=== Work instruction ===
Find all lines below containing the string "HasTaken" and return them.

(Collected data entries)
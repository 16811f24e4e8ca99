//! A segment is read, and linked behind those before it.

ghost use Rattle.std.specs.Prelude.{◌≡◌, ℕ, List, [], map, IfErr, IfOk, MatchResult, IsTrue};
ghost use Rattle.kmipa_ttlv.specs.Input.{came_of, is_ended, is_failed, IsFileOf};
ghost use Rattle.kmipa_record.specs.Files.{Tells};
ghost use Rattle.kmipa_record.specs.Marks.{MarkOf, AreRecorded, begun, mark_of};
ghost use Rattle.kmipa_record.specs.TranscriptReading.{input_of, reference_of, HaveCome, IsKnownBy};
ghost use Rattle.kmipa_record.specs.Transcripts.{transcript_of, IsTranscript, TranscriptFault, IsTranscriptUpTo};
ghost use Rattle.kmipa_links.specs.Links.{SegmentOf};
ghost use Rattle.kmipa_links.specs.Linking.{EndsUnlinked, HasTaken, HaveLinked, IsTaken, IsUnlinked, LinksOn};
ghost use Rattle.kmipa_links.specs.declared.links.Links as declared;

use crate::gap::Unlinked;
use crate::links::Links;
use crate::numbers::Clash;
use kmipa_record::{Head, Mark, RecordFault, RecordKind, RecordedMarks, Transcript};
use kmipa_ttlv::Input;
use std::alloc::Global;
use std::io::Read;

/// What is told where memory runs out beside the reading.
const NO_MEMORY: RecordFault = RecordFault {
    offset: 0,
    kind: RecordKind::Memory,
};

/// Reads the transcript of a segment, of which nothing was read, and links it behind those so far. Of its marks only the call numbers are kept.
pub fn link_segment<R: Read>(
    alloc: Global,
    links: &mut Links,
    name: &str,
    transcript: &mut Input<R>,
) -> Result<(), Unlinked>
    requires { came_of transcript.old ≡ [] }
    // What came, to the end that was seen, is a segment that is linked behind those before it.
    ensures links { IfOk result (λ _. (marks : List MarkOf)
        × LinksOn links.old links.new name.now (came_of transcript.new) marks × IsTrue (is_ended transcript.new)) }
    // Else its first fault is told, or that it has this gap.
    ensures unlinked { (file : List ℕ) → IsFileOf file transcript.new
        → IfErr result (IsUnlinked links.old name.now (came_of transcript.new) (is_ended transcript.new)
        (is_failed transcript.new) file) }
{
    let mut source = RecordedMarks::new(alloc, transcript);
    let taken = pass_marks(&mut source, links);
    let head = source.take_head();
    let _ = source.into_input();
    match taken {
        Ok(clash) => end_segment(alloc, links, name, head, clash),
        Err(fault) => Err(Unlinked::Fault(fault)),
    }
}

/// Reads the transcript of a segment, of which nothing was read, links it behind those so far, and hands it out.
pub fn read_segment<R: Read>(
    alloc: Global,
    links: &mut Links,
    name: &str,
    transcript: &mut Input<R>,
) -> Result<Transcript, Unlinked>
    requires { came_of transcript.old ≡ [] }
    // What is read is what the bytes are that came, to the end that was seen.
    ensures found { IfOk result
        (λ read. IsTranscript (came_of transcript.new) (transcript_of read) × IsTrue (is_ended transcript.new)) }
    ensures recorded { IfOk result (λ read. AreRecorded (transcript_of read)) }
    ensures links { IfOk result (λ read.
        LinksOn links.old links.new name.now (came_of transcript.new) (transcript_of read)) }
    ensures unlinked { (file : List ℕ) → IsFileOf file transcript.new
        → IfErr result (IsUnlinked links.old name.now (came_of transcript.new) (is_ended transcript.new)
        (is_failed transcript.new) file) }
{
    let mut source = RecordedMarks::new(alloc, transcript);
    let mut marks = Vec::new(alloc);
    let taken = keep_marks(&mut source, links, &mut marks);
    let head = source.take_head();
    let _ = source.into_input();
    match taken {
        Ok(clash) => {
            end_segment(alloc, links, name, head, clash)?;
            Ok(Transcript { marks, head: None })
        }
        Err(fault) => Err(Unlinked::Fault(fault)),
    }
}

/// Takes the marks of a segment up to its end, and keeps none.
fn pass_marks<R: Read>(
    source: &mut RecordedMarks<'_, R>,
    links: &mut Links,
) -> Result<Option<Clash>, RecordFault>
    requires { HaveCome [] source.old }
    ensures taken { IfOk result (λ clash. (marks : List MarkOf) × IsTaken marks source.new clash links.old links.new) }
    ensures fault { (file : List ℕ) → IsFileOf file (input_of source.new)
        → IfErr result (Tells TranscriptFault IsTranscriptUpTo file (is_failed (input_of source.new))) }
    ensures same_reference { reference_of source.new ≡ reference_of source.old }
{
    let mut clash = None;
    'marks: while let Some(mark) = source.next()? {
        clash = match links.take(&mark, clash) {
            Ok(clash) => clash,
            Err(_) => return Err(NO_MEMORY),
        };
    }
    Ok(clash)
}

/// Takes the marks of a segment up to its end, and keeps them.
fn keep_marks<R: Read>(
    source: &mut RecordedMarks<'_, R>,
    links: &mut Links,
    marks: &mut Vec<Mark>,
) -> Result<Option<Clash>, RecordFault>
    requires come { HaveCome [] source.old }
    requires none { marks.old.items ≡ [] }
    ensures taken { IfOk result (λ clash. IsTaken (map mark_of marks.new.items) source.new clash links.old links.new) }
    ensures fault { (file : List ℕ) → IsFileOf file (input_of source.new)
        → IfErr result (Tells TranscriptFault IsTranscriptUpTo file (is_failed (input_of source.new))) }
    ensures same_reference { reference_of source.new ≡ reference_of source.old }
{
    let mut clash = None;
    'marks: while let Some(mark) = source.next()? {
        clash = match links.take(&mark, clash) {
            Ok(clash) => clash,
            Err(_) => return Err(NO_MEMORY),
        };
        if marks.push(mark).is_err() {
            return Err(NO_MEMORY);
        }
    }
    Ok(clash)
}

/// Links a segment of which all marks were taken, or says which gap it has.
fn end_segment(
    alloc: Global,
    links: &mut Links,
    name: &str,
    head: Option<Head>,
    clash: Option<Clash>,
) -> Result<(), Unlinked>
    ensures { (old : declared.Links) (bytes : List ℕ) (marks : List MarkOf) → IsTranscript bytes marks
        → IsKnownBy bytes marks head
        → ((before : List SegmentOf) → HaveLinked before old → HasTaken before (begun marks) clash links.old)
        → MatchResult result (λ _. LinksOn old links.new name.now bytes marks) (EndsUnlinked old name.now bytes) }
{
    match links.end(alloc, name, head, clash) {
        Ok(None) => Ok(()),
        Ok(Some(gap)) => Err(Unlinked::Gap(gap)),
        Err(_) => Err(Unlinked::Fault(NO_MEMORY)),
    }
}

* * *

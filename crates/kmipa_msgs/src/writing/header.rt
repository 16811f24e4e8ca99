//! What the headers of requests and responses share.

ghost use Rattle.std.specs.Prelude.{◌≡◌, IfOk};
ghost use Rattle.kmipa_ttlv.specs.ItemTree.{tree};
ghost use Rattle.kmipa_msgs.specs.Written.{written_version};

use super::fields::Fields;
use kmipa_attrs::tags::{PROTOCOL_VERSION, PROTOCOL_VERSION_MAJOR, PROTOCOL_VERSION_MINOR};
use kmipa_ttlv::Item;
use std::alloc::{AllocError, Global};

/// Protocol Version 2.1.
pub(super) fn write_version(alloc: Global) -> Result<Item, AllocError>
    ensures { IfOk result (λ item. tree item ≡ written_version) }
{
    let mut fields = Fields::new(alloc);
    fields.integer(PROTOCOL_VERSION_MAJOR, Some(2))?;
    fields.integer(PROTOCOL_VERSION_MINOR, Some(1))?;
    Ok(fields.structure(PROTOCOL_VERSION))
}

--

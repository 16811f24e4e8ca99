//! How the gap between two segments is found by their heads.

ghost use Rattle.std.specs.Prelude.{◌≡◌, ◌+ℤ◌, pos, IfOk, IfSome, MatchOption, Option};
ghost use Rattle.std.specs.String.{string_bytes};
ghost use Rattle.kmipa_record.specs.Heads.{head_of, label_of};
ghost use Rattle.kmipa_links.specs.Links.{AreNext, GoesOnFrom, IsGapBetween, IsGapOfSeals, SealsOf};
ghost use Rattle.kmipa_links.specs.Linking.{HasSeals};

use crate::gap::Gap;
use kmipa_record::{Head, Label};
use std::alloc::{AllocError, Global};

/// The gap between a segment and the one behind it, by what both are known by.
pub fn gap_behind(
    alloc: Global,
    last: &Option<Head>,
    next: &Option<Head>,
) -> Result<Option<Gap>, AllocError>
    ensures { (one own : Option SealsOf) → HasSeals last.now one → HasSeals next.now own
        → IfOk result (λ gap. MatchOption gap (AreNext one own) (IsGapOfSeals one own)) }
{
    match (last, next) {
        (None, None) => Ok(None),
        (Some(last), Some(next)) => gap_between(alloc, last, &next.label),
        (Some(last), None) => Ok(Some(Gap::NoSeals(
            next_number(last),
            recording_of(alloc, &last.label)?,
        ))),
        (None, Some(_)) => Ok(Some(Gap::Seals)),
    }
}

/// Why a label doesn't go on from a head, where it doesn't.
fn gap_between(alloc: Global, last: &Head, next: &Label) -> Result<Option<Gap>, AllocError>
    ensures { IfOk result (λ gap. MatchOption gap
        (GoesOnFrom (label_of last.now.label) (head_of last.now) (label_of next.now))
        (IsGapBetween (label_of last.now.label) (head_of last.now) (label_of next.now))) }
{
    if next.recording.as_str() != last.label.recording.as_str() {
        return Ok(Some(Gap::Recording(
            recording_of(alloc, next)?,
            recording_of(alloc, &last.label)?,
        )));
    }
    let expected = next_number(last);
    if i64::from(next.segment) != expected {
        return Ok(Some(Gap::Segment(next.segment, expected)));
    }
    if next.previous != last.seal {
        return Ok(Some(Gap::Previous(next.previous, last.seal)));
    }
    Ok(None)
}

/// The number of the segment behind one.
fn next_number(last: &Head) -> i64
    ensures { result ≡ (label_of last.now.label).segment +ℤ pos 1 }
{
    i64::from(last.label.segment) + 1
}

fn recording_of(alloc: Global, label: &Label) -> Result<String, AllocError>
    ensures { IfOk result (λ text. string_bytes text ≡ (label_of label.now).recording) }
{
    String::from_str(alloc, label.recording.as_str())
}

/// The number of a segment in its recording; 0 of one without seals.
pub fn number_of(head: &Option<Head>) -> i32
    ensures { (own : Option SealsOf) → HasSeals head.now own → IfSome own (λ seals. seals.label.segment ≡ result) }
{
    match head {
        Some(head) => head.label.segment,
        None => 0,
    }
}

=== Response to this task ===
ghost use Rattle.kmipa_links.specs.Linking.{EndsUnlinked, HasTaken, HaveLinked, IsTaken, IsUnlinked, LinksOn};
        → ((before : List SegmentOf) → HaveLinked before old → HasTaken before (begun marks) clash links.old)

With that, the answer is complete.